*Exercise*. From the entries below, please gather each line containing the string "where".

*Supplied records*.
##########

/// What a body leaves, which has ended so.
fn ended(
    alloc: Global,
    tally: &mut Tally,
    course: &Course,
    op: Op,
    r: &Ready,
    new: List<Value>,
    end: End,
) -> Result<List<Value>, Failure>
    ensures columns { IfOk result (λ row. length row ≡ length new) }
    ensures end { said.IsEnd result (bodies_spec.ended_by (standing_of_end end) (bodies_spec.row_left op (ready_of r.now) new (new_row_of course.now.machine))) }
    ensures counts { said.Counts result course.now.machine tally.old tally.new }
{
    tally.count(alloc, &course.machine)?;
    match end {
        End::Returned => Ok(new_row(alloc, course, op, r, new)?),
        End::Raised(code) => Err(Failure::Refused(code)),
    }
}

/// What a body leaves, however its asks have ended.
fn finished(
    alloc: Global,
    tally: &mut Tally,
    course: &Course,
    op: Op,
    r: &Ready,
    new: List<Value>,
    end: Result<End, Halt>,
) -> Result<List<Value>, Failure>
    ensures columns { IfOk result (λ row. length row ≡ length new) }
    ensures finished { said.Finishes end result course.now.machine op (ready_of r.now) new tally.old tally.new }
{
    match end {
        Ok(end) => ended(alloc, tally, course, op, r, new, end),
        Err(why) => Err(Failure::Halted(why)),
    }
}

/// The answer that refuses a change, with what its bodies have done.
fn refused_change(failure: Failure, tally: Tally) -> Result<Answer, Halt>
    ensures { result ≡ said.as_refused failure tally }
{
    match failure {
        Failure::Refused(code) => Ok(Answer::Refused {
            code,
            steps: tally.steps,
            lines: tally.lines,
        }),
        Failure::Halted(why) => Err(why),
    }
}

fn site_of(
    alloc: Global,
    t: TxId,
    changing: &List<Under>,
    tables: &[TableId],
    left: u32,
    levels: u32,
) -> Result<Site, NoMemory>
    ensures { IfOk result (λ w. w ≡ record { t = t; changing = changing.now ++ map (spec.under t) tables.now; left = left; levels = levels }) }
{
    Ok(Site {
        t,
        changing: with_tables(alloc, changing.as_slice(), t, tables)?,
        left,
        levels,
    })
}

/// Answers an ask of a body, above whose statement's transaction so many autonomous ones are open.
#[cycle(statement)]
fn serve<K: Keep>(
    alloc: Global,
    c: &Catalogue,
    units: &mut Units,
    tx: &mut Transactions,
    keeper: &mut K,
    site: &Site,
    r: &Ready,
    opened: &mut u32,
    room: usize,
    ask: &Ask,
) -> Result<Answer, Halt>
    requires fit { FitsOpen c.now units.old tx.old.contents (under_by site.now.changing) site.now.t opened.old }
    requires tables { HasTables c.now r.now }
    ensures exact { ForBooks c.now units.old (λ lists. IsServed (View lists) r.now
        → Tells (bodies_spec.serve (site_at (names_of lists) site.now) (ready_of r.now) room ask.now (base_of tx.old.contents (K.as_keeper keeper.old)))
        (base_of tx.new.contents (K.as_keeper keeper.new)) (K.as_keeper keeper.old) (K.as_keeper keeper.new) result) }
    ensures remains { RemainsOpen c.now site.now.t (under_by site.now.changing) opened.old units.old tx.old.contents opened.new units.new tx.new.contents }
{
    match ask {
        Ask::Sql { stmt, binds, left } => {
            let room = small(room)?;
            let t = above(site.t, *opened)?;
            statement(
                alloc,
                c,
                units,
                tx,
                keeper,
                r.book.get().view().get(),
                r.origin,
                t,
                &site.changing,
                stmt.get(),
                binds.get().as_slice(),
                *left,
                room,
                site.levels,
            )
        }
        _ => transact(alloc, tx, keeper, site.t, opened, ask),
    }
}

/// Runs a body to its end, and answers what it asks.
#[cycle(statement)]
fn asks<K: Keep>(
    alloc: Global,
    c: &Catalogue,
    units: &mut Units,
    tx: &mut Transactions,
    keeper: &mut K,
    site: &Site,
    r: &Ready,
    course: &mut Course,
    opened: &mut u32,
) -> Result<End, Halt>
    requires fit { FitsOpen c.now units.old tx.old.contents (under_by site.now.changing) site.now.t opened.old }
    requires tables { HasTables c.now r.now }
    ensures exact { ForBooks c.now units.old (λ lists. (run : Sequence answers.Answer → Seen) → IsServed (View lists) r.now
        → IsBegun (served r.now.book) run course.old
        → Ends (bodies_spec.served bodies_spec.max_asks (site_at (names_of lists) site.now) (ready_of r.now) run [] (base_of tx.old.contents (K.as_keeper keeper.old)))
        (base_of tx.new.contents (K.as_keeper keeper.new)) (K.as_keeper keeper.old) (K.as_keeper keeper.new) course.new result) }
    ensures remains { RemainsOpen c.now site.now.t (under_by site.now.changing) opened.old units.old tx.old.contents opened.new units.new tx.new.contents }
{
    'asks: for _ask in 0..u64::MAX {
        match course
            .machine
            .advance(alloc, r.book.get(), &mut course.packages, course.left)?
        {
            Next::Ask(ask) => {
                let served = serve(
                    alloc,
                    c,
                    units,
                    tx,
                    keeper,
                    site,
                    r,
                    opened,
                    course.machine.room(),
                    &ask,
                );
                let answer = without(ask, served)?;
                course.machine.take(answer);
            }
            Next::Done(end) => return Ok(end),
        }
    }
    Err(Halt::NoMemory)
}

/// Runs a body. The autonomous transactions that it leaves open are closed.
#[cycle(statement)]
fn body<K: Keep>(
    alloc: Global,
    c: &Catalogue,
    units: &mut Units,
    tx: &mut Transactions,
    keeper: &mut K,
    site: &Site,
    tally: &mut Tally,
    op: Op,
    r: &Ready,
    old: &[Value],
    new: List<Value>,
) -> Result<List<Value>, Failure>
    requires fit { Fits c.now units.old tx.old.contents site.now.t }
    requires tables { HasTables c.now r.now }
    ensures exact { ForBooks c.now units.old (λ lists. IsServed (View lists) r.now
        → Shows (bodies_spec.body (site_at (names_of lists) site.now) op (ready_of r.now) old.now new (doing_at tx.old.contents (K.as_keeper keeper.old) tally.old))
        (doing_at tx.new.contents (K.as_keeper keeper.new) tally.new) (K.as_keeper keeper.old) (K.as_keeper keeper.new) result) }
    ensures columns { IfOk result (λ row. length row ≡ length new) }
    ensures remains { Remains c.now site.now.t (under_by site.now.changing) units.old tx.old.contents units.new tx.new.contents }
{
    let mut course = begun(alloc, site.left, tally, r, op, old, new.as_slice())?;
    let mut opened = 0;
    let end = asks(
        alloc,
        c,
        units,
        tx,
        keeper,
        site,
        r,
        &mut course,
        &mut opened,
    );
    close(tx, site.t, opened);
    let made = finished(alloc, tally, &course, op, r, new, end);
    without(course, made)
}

##########

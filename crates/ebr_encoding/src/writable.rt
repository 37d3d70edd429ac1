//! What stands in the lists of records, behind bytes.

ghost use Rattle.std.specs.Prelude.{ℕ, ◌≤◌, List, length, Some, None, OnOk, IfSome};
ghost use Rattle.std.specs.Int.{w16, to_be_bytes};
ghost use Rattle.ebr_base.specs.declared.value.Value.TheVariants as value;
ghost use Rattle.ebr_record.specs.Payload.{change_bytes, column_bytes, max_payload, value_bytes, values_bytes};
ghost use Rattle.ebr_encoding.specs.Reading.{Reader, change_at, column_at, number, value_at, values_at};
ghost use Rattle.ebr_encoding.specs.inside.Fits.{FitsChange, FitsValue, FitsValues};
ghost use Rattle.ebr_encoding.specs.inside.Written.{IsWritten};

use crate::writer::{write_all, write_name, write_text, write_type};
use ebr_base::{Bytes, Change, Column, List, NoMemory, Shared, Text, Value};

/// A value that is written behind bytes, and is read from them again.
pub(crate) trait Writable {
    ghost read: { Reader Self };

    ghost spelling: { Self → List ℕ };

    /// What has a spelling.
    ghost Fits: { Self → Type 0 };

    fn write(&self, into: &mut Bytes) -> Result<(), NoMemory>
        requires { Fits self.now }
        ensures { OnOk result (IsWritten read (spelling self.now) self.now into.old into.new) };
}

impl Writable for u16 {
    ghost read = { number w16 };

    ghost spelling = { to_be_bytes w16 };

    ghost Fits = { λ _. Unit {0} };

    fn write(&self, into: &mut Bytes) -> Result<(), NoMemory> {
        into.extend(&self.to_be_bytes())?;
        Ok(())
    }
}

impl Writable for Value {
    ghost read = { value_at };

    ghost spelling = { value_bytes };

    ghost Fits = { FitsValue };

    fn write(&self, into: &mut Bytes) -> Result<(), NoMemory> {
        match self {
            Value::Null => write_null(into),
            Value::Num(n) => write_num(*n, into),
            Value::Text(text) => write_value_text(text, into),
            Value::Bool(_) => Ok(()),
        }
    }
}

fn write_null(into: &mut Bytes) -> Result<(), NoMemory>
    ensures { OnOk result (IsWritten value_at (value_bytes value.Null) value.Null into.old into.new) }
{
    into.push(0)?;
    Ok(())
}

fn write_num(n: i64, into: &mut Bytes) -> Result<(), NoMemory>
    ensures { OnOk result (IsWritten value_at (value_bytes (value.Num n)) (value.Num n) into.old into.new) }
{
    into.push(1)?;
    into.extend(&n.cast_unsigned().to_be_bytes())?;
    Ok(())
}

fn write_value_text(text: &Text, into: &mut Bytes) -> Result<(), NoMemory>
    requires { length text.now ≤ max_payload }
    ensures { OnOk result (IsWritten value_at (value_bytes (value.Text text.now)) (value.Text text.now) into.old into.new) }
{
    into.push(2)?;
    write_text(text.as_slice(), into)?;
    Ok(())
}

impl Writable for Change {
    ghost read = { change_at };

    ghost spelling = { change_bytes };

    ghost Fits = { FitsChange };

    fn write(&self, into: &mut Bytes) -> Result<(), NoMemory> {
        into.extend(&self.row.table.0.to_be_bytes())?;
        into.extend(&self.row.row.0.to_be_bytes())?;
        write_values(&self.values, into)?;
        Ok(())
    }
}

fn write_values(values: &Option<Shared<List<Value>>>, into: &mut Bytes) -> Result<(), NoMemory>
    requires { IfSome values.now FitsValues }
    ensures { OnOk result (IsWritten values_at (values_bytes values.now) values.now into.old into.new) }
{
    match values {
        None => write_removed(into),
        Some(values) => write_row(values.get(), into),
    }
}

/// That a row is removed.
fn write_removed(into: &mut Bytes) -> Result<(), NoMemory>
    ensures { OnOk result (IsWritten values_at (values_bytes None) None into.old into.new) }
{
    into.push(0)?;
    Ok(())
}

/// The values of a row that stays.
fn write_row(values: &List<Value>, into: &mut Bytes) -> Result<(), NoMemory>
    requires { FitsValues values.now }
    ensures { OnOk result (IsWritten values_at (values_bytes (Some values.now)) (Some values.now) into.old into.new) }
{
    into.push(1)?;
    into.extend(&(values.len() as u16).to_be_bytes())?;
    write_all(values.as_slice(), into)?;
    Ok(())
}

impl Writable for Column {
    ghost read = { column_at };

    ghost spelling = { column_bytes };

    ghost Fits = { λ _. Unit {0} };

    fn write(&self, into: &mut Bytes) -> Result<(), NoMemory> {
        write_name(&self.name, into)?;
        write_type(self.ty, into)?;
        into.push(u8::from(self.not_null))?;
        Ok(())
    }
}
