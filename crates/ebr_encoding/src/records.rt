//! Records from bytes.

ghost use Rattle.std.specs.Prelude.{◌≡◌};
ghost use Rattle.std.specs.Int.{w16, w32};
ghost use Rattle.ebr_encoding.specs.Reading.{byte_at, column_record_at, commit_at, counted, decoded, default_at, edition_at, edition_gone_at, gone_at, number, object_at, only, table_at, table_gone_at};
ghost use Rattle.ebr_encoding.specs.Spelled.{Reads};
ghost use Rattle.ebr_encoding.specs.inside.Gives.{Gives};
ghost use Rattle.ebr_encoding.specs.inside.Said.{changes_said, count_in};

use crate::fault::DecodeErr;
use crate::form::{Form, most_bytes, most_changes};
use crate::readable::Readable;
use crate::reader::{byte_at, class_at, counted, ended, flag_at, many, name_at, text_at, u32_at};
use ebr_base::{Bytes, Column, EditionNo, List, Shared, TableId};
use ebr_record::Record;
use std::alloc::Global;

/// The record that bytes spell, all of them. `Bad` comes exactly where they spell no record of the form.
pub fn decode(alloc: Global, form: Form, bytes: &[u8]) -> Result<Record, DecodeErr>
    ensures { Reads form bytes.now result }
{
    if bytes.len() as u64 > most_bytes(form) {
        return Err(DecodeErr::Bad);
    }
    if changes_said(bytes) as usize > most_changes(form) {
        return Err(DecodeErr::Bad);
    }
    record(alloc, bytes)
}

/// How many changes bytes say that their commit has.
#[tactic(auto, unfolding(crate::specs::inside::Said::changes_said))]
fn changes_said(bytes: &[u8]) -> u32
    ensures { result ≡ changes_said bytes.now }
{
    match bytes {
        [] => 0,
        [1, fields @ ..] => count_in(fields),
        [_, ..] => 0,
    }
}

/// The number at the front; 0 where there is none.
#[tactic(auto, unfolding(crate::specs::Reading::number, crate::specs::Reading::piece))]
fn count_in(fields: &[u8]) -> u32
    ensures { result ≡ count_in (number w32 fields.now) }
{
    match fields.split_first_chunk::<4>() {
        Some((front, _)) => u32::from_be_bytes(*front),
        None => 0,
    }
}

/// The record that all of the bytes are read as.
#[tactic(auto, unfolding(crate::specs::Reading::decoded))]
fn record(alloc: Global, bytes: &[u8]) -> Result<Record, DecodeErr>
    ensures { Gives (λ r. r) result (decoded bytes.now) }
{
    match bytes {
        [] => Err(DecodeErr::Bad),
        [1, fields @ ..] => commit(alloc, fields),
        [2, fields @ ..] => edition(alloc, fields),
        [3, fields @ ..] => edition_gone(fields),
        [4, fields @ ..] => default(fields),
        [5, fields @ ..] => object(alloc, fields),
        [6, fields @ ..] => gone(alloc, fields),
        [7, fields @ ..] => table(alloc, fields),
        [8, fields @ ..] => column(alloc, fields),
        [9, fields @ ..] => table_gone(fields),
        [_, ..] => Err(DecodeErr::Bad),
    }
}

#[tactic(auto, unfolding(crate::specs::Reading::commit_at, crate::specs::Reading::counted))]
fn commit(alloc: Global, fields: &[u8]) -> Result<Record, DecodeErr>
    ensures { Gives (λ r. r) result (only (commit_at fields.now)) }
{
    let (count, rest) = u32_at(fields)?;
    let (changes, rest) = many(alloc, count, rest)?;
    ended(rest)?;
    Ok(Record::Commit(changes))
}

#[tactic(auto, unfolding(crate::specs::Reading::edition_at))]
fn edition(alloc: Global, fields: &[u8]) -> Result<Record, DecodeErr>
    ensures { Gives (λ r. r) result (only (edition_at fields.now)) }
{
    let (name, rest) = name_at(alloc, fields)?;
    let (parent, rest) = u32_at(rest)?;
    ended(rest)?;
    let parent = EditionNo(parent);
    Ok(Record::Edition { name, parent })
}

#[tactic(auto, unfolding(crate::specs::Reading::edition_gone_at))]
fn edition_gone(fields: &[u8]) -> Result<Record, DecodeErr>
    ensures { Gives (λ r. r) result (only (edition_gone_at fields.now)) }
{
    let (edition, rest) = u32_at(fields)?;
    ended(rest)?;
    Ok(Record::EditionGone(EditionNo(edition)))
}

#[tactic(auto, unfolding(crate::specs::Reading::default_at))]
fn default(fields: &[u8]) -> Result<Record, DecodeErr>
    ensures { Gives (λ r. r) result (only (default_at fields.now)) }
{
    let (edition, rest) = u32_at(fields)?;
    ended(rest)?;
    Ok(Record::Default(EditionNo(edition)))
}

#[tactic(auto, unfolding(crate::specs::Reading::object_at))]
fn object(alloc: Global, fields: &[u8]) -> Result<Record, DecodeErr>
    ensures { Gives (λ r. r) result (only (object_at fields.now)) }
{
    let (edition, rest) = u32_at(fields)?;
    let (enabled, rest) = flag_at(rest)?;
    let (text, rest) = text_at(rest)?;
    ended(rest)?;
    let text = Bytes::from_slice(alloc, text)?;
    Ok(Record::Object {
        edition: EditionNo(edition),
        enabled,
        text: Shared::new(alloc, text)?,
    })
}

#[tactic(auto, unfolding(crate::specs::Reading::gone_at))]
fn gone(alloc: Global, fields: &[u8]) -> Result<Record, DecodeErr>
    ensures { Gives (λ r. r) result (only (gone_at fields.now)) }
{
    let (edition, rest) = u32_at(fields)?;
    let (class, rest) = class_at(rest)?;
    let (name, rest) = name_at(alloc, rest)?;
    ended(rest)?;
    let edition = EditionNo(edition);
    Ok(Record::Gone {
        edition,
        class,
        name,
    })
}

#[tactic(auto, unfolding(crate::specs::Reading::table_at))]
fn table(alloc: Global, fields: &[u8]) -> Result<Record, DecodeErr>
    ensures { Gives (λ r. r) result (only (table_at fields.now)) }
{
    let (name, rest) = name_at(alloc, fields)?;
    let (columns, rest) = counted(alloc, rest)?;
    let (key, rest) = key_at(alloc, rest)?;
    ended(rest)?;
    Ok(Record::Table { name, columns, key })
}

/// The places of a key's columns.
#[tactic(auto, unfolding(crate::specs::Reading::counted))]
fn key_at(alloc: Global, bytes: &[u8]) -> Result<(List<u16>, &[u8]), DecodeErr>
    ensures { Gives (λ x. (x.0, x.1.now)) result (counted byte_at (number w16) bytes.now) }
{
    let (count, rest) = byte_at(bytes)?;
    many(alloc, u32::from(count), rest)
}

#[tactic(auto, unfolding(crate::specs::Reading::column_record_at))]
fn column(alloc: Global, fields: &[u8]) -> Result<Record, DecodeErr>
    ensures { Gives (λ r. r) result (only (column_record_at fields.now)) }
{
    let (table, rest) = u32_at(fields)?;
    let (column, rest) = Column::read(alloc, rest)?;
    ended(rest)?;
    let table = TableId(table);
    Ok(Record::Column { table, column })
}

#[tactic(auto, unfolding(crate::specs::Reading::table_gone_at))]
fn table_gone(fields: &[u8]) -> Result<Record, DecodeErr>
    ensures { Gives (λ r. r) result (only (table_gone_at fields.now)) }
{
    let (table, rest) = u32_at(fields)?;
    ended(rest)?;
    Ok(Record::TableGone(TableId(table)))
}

##########

*Final answer*.
/// The record that bytes spell, all of them. `Bad` comes exactly where they spell no record of the form.
/// The number at the front; 0 where there is none.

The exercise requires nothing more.